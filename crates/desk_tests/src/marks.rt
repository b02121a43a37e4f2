//! The table of marks.
ghost use Rattle.std.specs.Prelude.{◌≡◌, [], bytes_eq, refl};
ghost use Rattle.format_table.specs.Parts.{slots_of};
ghost use Rattle.desk_tests.specs.MarkLaws.{one_mark};
ghost use Rattle.desk_tests.specs.Marks.{code_of as code_of_mark, mark_key, mark_kinds, mark_slots, numbers_of as numbers_of_mark};

use crate::Mark;
use crate::numbers::{mark_of, put_mark};
use format_table::{EntryCodec, Field, Form, KindTable, Limit, Numbers, Part, TableRow};

macro_rules! one {
    ($name:literal, $form:ident: $low:literal to $high:literal) => {
        Part {
            field: Field {
                name: $name,
                form: Form::$form,
                limit: Limit::Between($low, $high),
            },
            first: &[],
            later: &[],
            ends: 0,
        }
    };
}

static KEY: [Part; 1] = [one!("number", U32: 1 to 999_999)];

static MARK: [Part; 1] = [one!("amount", U8: 0 to 200)];

static NO_WORDS: [&str; 0] = [];

fn key_parts() -> &'static [Part]
    ensures { slots_of result.now ≡ mark_key }
{
    &KEY
}

fn mark_parts() -> &'static [Part]
    ensures { slots_of result.now ≡ mark_slots }
{
    &MARK
}

fn is_word(word: &str, text: &[u8]) -> bool
    ensures { result ≡ bytes_eq word.now text.now }
{
    word.as_bytes() == text
}

/// The table of marks, and their rules.
#[derive(Drop)]
pub struct Marks;

impl KindTable for Marks {
    ghost key = { mark_key };

    ghost kinds = { mark_kinds };

    ghost words = { [] };

    ghost sound = { refl };

    ghost plain = { refl };

    ghost few_words = { refl };

    fn key_parts() -> &'static [Part] {
        key_parts()
    }

    fn row(code: u8) -> Option<TableRow> {
        match code {
            1 => Some(TableRow {
                code: 1,
                name: "mark",
                parts: mark_parts(),
            }),
            _ => None,
        }
    }

    fn named(name: &[u8]) -> Option<TableRow> {
        if is_word("mark", name) {
            Marks::row(1)
        } else {
            None
        }
    }

    fn words() -> &'static [&'static str] {
        &NO_WORDS
    }
}

impl EntryCodec for Marks {
    type Entry = Mark;

    ghost code_of = { code_of_mark };

    ghost numbers_of = { numbers_of_mark };

    ghost one = { one_mark };

    fn code(_entry: &Mark) -> u8 {
        1
    }

    fn numbers(entry: &Mark) -> Numbers {
        let mut numbers = Numbers::new();
        put_mark(entry, &mut numbers);
        numbers
    }

    fn entry(code: u8, numbers: &[i64]) -> Mark {
        match code {
            1 => mark_of(numbers),
            _ => unreachable!(),
        }
    }
}
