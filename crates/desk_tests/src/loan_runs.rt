// Runs of the loan desk over a file in memory.
use io_memory::{MemoryDisk, MemorySink, SteadySource};
use loans::Loans;
use run_rules::run_ruled;
use std::alloc::Global;
use std::process::Abort;
use std::test::Fail;

/// The limits of a year.
pub(crate) const LIMITS: &[u8] =
    b"limits,0,1,2025,3500,4500,5500,0,5500,6500,7500,9500,10500,12500,20500,23000,65500,31000,57500,138500\n";

/// A run of one word over a disk and an input: it ends with this status and this text.
pub(crate) fn ran(
    rt: &impl Abort,
    alloc: Global,
    disk: MemoryDisk,
    word: &str,
    rows: &[u8],
    ends: (u8, &[u8]),
) -> Result<MemoryDisk, Fail> {
    let mut words = Vec::new(alloc);
    words.push(String::from_str(alloc, word)?)?;
    let mut source = SteadySource::new(rows.to_vec(alloc)?);
    let mut sink = MemorySink::new(alloc, Vec::new(alloc));
    let (status, after) = run_ruled::<MemoryDisk, SteadySource, MemorySink, Loans>(
        alloc,
        &words,
        disk,
        &mut source,
        &mut sink,
    );
    assert_eq!(rt; status, ends.0);
    assert_eq!(rt; sink.text(), ends.1);
    Ok(after)
}

/// A disk of these bytes, of which these calls fail.
pub(crate) fn disk(alloc: Global, bytes: &[u8], failing: &[u64]) -> Result<MemoryDisk, Fail> {
    let disk = MemoryDisk::new(alloc, bytes.to_vec(alloc)?, failing.to_vec(alloc)?, None)?;
    Ok(disk)
}

/// The disk of a loan office with the limits of a year, and a student of the first year who needs 3,000 dollars.
pub(crate) fn office(rt: &impl Abort, alloc: Global) -> Result<MemoryDisk, Fail> {
    let founded = ran(
        rt,
        alloc,
        disk(alloc, &[], &[])?,
        "found",
        b"",
        (0, b"founded\n"),
    )?;
    let limited = ran(
        rt,
        alloc,
        founded,
        "file",
        LIMITS,
        (0, b"1 0 accepted 1 noted\n"),
    )?;
    ran(
        rt,
        alloc,
        limited,
        "file",
        b"borrower,110,1,5001,2025,1,1,0,3000,24000\n",
        (0, b"1 1 accepted 2 noted\n"),
    )
}
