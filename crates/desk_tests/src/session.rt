//! A session of marks: rows in, lines out.
ghost use Rattle.std.specs.Prelude.{[]};
ghost use Rattle.format_rows.specs.Meanings.{meanings};
ghost use Rattle.format_rows.specs.TableRowFormat.{row_meaning};
ghost use Rattle.log_session.specs.Sessions.{Session};
ghost use Rattle.log_rules.specs.Lines.{table_texts};
ghost use Rattle.log_rules.specs.Ruled.{semantics_of, scheme_of};
ghost use Rattle.desk_tests.specs.Marks.{code_of, left_text, mark_key, mark_kinds, marking, numbers_of};

use crate::{MarkList, Marks};
use io_traits::{Disk, Sink, Source};
use log_rules::TableRowFormat;
use log_session::{INPUT_LIMIT, SessionStop, file};
use std::alloc::Global;

/// Files the rows of an input into the list of the disk's file, and answers each by a line.
pub fn file_marks<D: Disk, S: Source, K: Sink>(
    alloc: Global,
    disk: D,
    input: &mut S,
    out: &mut K,
) -> (Result<(), SessionStop>, D)
    ensures { Session D.Disk (scheme_of marking) (semantics_of marking) (table_texts code_of numbers_of left_text) (meanings (row_meaning [] mark_key mark_kinds))
        INPUT_LIMIT disk result.1
        (record { honest = S.honest input.old; before = S.left input.old; after = S.left input.new })
        (record { honest = K.honest out.old; before = K.text out.old; after = K.text out.new }) result.0 }
{
    let forms = TableRowFormat::<Marks>::new();
    file::<D, S, K, MarkList, TableRowFormat<Marks>>(alloc, disk, &forms, input, out)
}
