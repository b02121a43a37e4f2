// Two desks that lend to one student at once, in either order.
use crate::loan_runs::office;
use io_memory::{HoldSyncPoint, MemoryDisk, MemorySink, SteadySource};
use loans::Loans;
use run_rules::{RuleDeskInput, run_ruled_desks};
use std::alloc::{AllocError, Global};
use std::process::Abort;
use std::sync::Wait;
use std::test::Fail;
use std::thread::Threads;

// Two loans of 3,000 dollars, where 5,500 may be lent: one is subsidized, and the other not.
const LOANS: [&[u8]; 2] = [
    b"lend,110,2,5001,2025,sub,3000.00\n",
    b"lend,120,2,5001,2025,unsub,3000.00\n",
];

fn two_desks(alloc: Global) -> Result<Vec<RuleDeskInput<SteadySource>>, AllocError> {
    let [one, other] = LOANS;
    let one = SteadySource::new(one.to_vec(alloc)?);
    let other = SteadySource::new(other.to_vec(alloc)?);
    Ok(vec![in alloc;
        RuleDeskInput { input: one },
        RuleDeskInput { input: other },
    ]?)
}

// The desks file behind a gate, and this is the text.
fn assert_lent<H: Threads + Wait + Abort + Sync>(
    rt: &H,
    alloc: Global,
    gate: &HoldSyncPoint,
    text: &[u8],
) -> Result<(), Fail> {
    let mut desks = two_desks(alloc)?;
    let mut sink = MemorySink::new(alloc, Vec::new(alloc));
    let (status, _) = run_ruled_desks::<
        MemoryDisk,
        SteadySource,
        HoldSyncPoint,
        MemorySink,
        H,
        Loans,
    >(rt, alloc, &mut desks, office(rt, alloc)?, gate, &mut sink);
    assert_eq!(rt; status, 0);
    assert_eq!(rt; sink.text(), text);
    Ok(())
}

#[test]
fn desk_1_lends_first(rt: HostRuntime) -> Result<(), Fail> {
    let gate = HoldSyncPoint::new(2, 1, 1_000_000);
    assert_lent(
        &rt,
        rt.alloc(),
        &gate,
        b"desk 1 1 2 accepted 3 lent 3000.00 3000.00\ndesk 2 1 3 refused 118 600000 550000\nadmitted 3 1 1\n",
    )
}

#[test]
fn desk_2_lends_first(rt: HostRuntime) -> Result<(), Fail> {
    let gate = HoldSyncPoint::new(1, 2, 1_000_000);
    assert_lent(
        &rt,
        rt.alloc(),
        &gate,
        b"desk 1 1 3 refused 118 600000 550000\ndesk 2 1 2 accepted 3 lent 3000.00 3000.00\nadmitted 3 2 1\n",
    )
}
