// A disk in memory. It keeps what it began with and a record of its calls, and so tells what a crash may leave.
ghost use Rattle.std.specs.Prelude.{◌≡◌, ◌≤◌, ◌+◌, ◌++◌, [], ◌∷◌, ℕ, List, length, OnOk, OnErr, IfOk, IsErr, IsTrue, max, take};
ghost use Rattle.io_traits.specs.Faults.{Rose, next_count};
ghost use Rattle.io_traits.specs.DiskState.{IsHonest, IsQuiet, IsRead, IsWrite, IsCut, IsSync, Torn, Cut, Allow, Fronts, overwrite};
ghost use Rattle.io_memory.specs.Calls.{telling, reads_after, reads_by, buffer_of, IsLook};
ghost use Rattle.io_memory.specs.Laws.{reads_are_image, now_counts, now_only, length-bytes-lt};

use crate::stop::{Turn, turn_with_stop, turn_without_stop};
use crate::{DiskCall, DiskStop, Fill};
use io_traits::{Disk, Failed};
use std::alloc::{AllocError, Global};

/// An honest disk over a vector. A call that finds no memory for its record fails.
#[derive(Drop)]
pub struct MemoryDisk {
    alloc: Global,
    start: Vec<u8>,
    bytes: Vec<u8>,
    calls: Vec<DiskCall>,
    failing: Vec<u64>,
    stop: Option<DiskStop>,
    made: u64,
    faults: u64,
    ghost replayed: { bytes.items ≡ reads_after start.items calls.items },
}
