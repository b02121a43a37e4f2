// Runs of the work-study desk over a file in memory.
use aid_types::School;
use io_memory::{MemoryDisk, MemorySink, SteadySource};
use law_funds::{Rule, level, quarter, standard};
use std::alloc::Global;
use std::process::Abort;
use std::test::Fail;
use work_rounds::run_work;
use work_study::SchoolPolicies;

// The schools that have a policy, the first by level and the other by quarter.
const SCHOOLS: [School; 2] = [School(101), School(102)];

/// A run of some words over a disk and an input: it ends with this status and this text.
pub(crate) fn ran(
    rt: &impl Abort,
    alloc: Global,
    disk: MemoryDisk,
    line: &[&str],
    rows: &[u8],
    ends: (u8, &[u8]),
) -> Result<MemoryDisk, Fail> {
    let level_rule: Rule = Box::new(
        alloc,
        |need: u32, sai: i32, intensity: u8| level(need, sai, intensity),
    )?;
    let quarter_rule: Rule = Box::new(
        alloc,
        |need: u32, sai: i32, intensity: u8| quarter(need, sai, intensity),
    )?;
    let policies = standard(alloc, level_rule, quarter_rule)?;
    let mut list = Vec::new(alloc);
    for (school, policy) in SCHOOLS.iter().zip(policies.list) {
        list.push((*school, policy))?;
    }
    let mut words = Vec::new(alloc);
    for word in line {
        words.push(String::from_str(alloc, word)?)?;
    }
    let mut source = SteadySource::new(rows.to_vec(alloc)?);
    let mut sink = MemorySink::new(alloc, Vec::new(alloc));
    let (status, after) = run_work(
        alloc,
        &words,
        disk,
        &mut source,
        &mut sink,
        &SchoolPolicies::new(list),
    );
    assert_eq!(rt; status, ends.0);
    assert_eq!(rt; sink.text(), ends.1);
    Ok(after)
}

/// The disk of a work-study office with a fund of 2,500 dollars.
pub(crate) fn office(rt: &impl Abort, alloc: Global) -> Result<MemoryDisk, Fail> {
    let disk = MemoryDisk::new(alloc, Vec::new(alloc), Vec::new(alloc), None)?;
    let founded = ran(rt, alloc, disk, &["found"], b"", (0, b"founded\n"))?;
    ran(
        rt,
        alloc,
        founded,
        &["file"],
        b"fund,101,1,2025,2500\n",
        (0, b"1 0 accepted 1 noted\n"),
    )
}
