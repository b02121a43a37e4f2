//! The rules of marks.
ghost use Rattle.std.specs.Prelude.{◌++◌};

use crate::{Left, Mark, MarkIndex, Marks};
use aid_types::{Key, Refusal, School};
use arrayvec::ArrayString;
use itoa::Buffer;
use log_rules::{OfficeRules, OutcomeText};
use std::alloc::{AllocError, Global};

impl OfficeRules for Marks {
    ghost use Rattle.desk_tests.specs.Marks.{IsFew, marking};
    ghost use Rattle.desk_tests.specs.MarkLaws.{full as is_full, legal_within as legal_is_within, mark_rows};

    type Outcome = Left;

    type Index = MarkIndex;

    ghost ruling = { marking };

    ghost IsWithin = { IsFew };

    ghost on_file = { λ index. index.list };

    ghost room = { λ index. index.room };

    ghost rows = { mark_rows };

    ghost full = { is_full };

    ghost legal_within = { legal_is_within };

    fn key(mark: &Mark) -> Key {
        Key {
            school: School(0),
            number: u64::from(mark.number),
        }
    }

    fn new_index(alloc: Global) -> MarkIndex {
        MarkIndex::new(alloc)
    }

    fn reserve(index: &mut MarkIndex, n: u32) -> Result<(), AllocError> {
        index.reserve(n)
    }

    fn judge(index: &MarkIndex, mark: &Mark) -> Result<Left, Refusal> {
        let kept = index.total();
        let all = kept + u32::from(mark.amount) + 1;
        if all <= 1000 {
            Ok(Left {
                points: (1000 - all) as u16,
            })
        } else {
            Err(Refusal {
                rule: 201,
                kept: u64::from(kept),
                bound: 1000,
            })
        }
    }

    fn admit(index: &mut MarkIndex, mark: &Mark) {
        index.push(*mark);
    }
}

impl OutcomeText for Marks {
    ghost use Rattle.desk_tests.specs.Marks.{left_text};

    ghost outcome_text = { left_text };

    fn push_outcome(outcome: &Left, line: &mut ArrayString<160>) {
        line.push_str("left ");
        let mut digits = Buffer::new();
        line.push_str(digits.format(outcome.points));
    }
}
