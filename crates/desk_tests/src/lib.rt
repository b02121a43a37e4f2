//! A small office of rules: marks, of which all together have at most 1,000 points, as a list over a journal, and as rows and lines.
//! And tests of the loan desk and of the work-study desk over a journal in memory: their worked rows, desks in either order, rounds,
//! faults and last lines.
#![tactic(auto)]

mod index;
#[cfg(test)]
mod loan_desks;
#[cfg(test)]
mod loan_rows;
#[cfg(test)]
mod loan_runs;
mod mark;
mod marks;
mod numbers;
mod rules;
mod session;
#[cfg(test)]
mod tests;
#[cfg(test)]
mod work_rows;
#[cfg(test)]
mod work_runs;

pub use index::MarkIndex;
use log_rules::RuleMachine;
pub use mark::{Left, Mark};
pub use marks::Marks;
pub use session::file_marks;

/// The list of marks.
pub type MarkList = RuleMachine<Marks>;
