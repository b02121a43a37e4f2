// Marks are filed, kept and filed again.
use crate::{Left, Mark, MarkList, file_marks};
use aid_types::Refusal;
use io_memory::{MemoryDisk, MemorySink, SteadySource};
use log_machine::{FoundFault, Log, LogReply, OpenError, StateMachine};
use log_rules::RuleResponse;
use log_session::found;
use std::alloc::Global;
use std::process::Abort;
use std::test::Fail;

macro_rules! filed {
    ($number:literal, $amount:literal, $front:literal: $($reply:tt)+) => {
        Filed {
            number: $number,
            amount: $amount,
            front: $front,
            reply: Wanted::$($reply)+,
        }
    };
}

// A mark that is filed after so many, and how it is answered.
#[derive(Clone, Copy)]
struct Filed {
    number: u32,
    amount: u8,
    front: u32,
    reply: Wanted,
}

// The reply that is wanted.
#[derive(Clone, Copy)]
enum Wanted {
    // The points that are left.
    Accepted(u16),
    // At this position, with these points.
    Again(u32, u16),
    // The rule, what it kept, and its bound.
    Refused(u16, u64, u64),
}

const FIRST: [Filed; 4] = [
    filed!(7, 99, 0: Accepted(900)),
    filed!(8, 199, 1: Accepted(700)),
    filed!(7, 99, 2: Again(1, 900)),
    filed!(7, 98, 2: Refused(15, 1, 7)),
];

const LATER: [Filed; 8] = [
    filed!(8, 199, 2: Again(2, 700)),
    filed!(8, 198, 2: Refused(15, 2, 8)),
    filed!(9, 200, 2: Accepted(499)),
    filed!(3, 200, 3: Accepted(298)),
    filed!(10, 200, 4: Accepted(97)),
    filed!(11, 97, 5: Refused(201, 903, 1000)),
    filed!(3, 200, 5: Again(4, 298)),
    filed!(11, 96, 5: Accepted(0)),
];

fn mark(number: u32, amount: u8) -> Option<Mark> {
    if 1 <= number && number <= 999_999 && amount <= 200 {
        Some(Mark { number, amount })
    } else {
        None
    }
}

// An office of marks in memory, and what it replies.
type Office = Log<MemoryDisk, MarkList>;

type Reply = LogReply<RuleResponse<Left>>;

fn reply_of(wanted: Wanted, front: u32) -> Reply {
    let response = match wanted {
        Wanted::Accepted(points) => RuleResponse::Admit(Left { points }),
        Wanted::Again(position, points) => RuleResponse::Again {
            position,
            outcome: Left { points },
        },
        Wanted::Refused(rule, kept, bound) => RuleResponse::Refused(Refusal { rule, kept, bound }),
    };
    LogReply::Answered { response, front }
}

fn founded(alloc: Global, disk: MemoryDisk) -> Result<Office, FoundFault> {
    match Office::found(alloc, disk) {
        Ok(office) => Ok(office),
        Err((fault, _disk)) => Err(fault),
    }
}

fn opened(alloc: Global, disk: MemoryDisk) -> Result<Office, OpenError> {
    match Office::recover(alloc, disk) {
        Ok(office) => Ok(office),
        Err((error, _disk)) => Err(error),
    }
}

fn submit(office: &mut Office, mark: Mark) -> Reply {
    office.submit(mark)
}

// Whether a mark is answered so.
fn is_answered(office: &mut Office, filed: &Filed) -> bool {
    match mark(filed.number, filed.amount) {
        Some(mark) => submit(office, mark) == reply_of(filed.reply, filed.front),
        None => false,
    }
}

// How many marks in front are answered so.
fn answered(office: &mut Office, table: &[Filed]) -> usize {
    for (i, filed) in table.iter().enumerate() {
        if !is_answered(office, filed) {
            return i;
        }
    }
    table.len()
}

fn amount_at(marks: &MarkList, position: u32) -> Option<u8> {
    let mark = marks.filing(position)?;
    Some(mark.amount)
}

fn empty_disk(alloc: Global) -> Result<MemoryDisk, Fail> {
    Ok(MemoryDisk::new(alloc, Vec::new(alloc), Vec::new(alloc), None)?)
}

#[test]
fn marks_are_kept(rt: HostRuntime) -> Result<(), Fail> {
    let alloc = rt.alloc();
    let mut office = founded(alloc, empty_disk(alloc)?)?;
    assert!(rt; office.reserve(2).is_ok());
    assert_eq!(rt; answered(&mut office, &FIRST), 4);
    let mut office = opened(alloc, office.into_disk())?;
    assert_eq!(rt; office.machine().front(), 2);
    assert_eq!(rt; answered(&mut office, &LATER), 8);
    assert_marks(&rt, office.machine());
    Ok(())
}

// Six marks stand.
fn assert_marks(rt: &impl Abort, marks: &MarkList) {
    assert_eq!(rt; marks.front(), 6);
    for (position, amount) in [(0, None), (2, Some(199)), (6, Some(96)), (7, None)] {
        assert_eq!(rt; amount_at(marks, position), amount);
    }
    assert_eq!(rt; marks.index().total(), 1000);
    assert_eq!(rt; marks.filings().len(), 6);
}

#[test]
fn rows_are_answered(rt: HostRuntime) -> Result<(), Fail> {
    let alloc = rt.alloc();
    let disk = empty_disk(alloc)?;
    let mut sink = MemorySink::new(alloc, Vec::new(alloc));
    let (ended, mut disk) = found::<MemoryDisk, MemorySink, MarkList>(
        alloc,
        disk,
        b"founded\n",
        &mut sink,
    );
    assert!(rt; ended.is_ok());
    let texts: [(&[u8], &[u8]); 2] = [
        (
            b"mark,7,99\nmark,8,199\nmark,7,99\nmark,7,98\nmark,9,201\nmark,9\nmarks,1,1\nmark,x,1\n",
            b"1 0 accepted 1 left 900\n2 1 accepted 2 left 700\n3 2 again 1 left 900\n4 2 refused 15 1 7\n5 error 3 4\n6 error 0 2\n7 error 1 1\n8 error 2 3\n",
        ),
        (b"mark,8,199\n", b"1 2 again 2 left 700\n"),
    ];
    for (input, lines) in texts {
        let mut source = SteadySource::new(input.to_vec(alloc)?);
        let mut sink = MemorySink::new(alloc, Vec::new(alloc));
        let (ended, next) = file_marks(alloc, disk, &mut source, &mut sink);
        assert!(rt; ended.is_ok());
        assert_eq!(rt; sink.text(), lines);
        disk = next;
    }
    let bytes: &[u8] =
        b"\x01AIDPELL1\x02\0\0\0\0\0\0\x01\x06\0\0\0\x01\x07\0\0\0\x63\x01\x06\0\0\0\x01\x08\0\0\0\xc7\0";
    assert_eq!(rt; disk.image(), bytes);
    Ok(())
}

#[test]
fn the_version_before_is_told_apart(rt: HostRuntime) -> Result<(), Fail> {
    let alloc = rt.alloc();
    let bytes = b"\x01AIDPELL1\x01\0\0\0\0\0\0\0".to_vec(alloc)?;
    let disk = MemoryDisk::new(alloc, bytes, Vec::new(alloc), None)?;
    assert_eq!(rt; opened(alloc, disk).err(), Some(OpenError::OldVersion));
    Ok(())
}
* * * * * * *
_TASK DESCRIPTION_: List every line from the entries above in which "LogReply" appears.

_YOUR SOLUTION_:
use log_machine::{FoundFault, Log, LogReply, OpenError, StateMachine};
type Reply = LogReply<RuleResponse<Left>>;
    LogReply::Answered { response, front }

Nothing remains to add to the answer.